The Two-Tiered Health Care System

The House-passed health care system adds a huge swath of the female population to the “have nots” column of an already two-tiered health care system when it comes to abortion coverage in the United States. Prior to the passage of the House bill, our health care system was a system in which only women who could afford to pay for abortions with their own money or through their insurance plans would have access to abortion. Consider the current restrictions already in place:

  • low-income women on Medicaid
  • federal employees, their spouses, and female dependents
  • women serving in the military overseas
  • women in federal prisons
  • women in the District of Columbia

The House-passed bill would add to this list of women who do not have coverage millions of women who are getting their health insurance through the exchange. Consider just a few examples:

  • working mothers in families that earn up to $88,000
  • women who are self-employed and paying the entire cost of their coverage and don’t have access to employer-sponsored coverage
  • young women entering the job market for the first time who are the least likely to have employer-sponsored coverage
  • women who were insured through their husbands’ employers, but now are divorced and have to purchase coverage on their own through the exchange
  • women who work in small businesses whose owners decide to seek more affordable, quality coverage through the exchange

The experts conclude:

Over the last six months, we have heard much about how important it is to reform the health care system to meet the needs of women. Women are much more likely to be left out of the current employer-based system because this system wasn’t designed for them — it was designed for higher-wage, full-time earners who have dependents at home — namely, men.

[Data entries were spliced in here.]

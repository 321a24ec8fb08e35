//! Days at a lock of the desk, with callers, gates, rings and workers' seats.
//!
//! `tell_all` writes what each call answers, and how the desk, the book, the seats and the rings stand then; then days
//! in threads, and what the sums are at their end. Each call that is refused memory is made again:
//! `checks/built/lock_days` runs the first day, by `tell_refused`, with its first growth of memory refused, then its
//! second, and so on: it must always write the same.
#![tactic(auto)]

mod answer;
mod calls;
mod day;
mod days;
mod ending;
mod split;
mod standing;
mod swapped;
mod threads;
mod turn;

use crate::day::told;
use crate::days::{DAYS, REFUSED};
use crate::split::split_seats;
use crate::swapped::swapped_ends;
use crate::threads::run_crowd;
use std::alloc::Global;
use std::io::Write;
use std::sync::Wait;
use std::thread::Threads;
use trial::TrialFault;

/// Tells all days.
pub fn tell_all<R: Threads + Wait + Sync, W: Write>(
    rt: &R,
    alloc: Global,
    out: &mut W,
) -> Result<(), TrialFault> {
    for day in DAYS {
        out.write_all(told(rt, alloc, day)?.as_bytes())?;
    }
    let split = split_seats(rt, alloc)?;
    writeln!(out, "1024 seats: placed {split:?}")?;
    let swapped = swapped_ends(rt, alloc)?;
    writeln!(out, "the ends of two venues, swapped: queues {swapped:?}")?;
    let crowd = run_crowd(rt, alloc)?;
    writeln!(out, "{crowd}")?;
    Ok(())
}

/// Tells the day on which memory is refused.
pub fn tell_refused<W: Write>(
    rt: &impl Wait,
    alloc: Global,
    out: &mut W,
) -> Result<(), TrialFault> {
    out.write_all(told(rt, alloc, REFUSED)?.as_bytes())?;
    Ok(())
}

Women tend to be in lower-wage or part-time jobs that don’t offer insurance, move in and out of the workforce because of childbearing and childrearing responsibilities, and become uninsured because of divorce or death of a spouse. But these are the very same women who are targeted by the Stupak-Pitts amendment. And they will join the growing ranks of women who are denied coverage of a legal medical procedure.

It’s turning out to be a strange sisterhood: the poor, the incarcerated, the federally employed, the stateless, the soldier, and now the middle-class in the exchange.

Essentially, the amendment violates the underlying principle of health care reform, as articulated by President Obama, that “no one will lose the benefits they currently have.” The truth is that under the Stupak-Pitts amendment, millions of women would lose benefits that they currently have and millions more would be prohibited from getting the kind of private sector health care coverage that most women have today. To put a fine point on it, millions of women would lose private coverage for abortion services and millions more would be prohibited from buying it even with their own money. Simply put, women’s access to private coverage for abortion would be restricted by health care reform.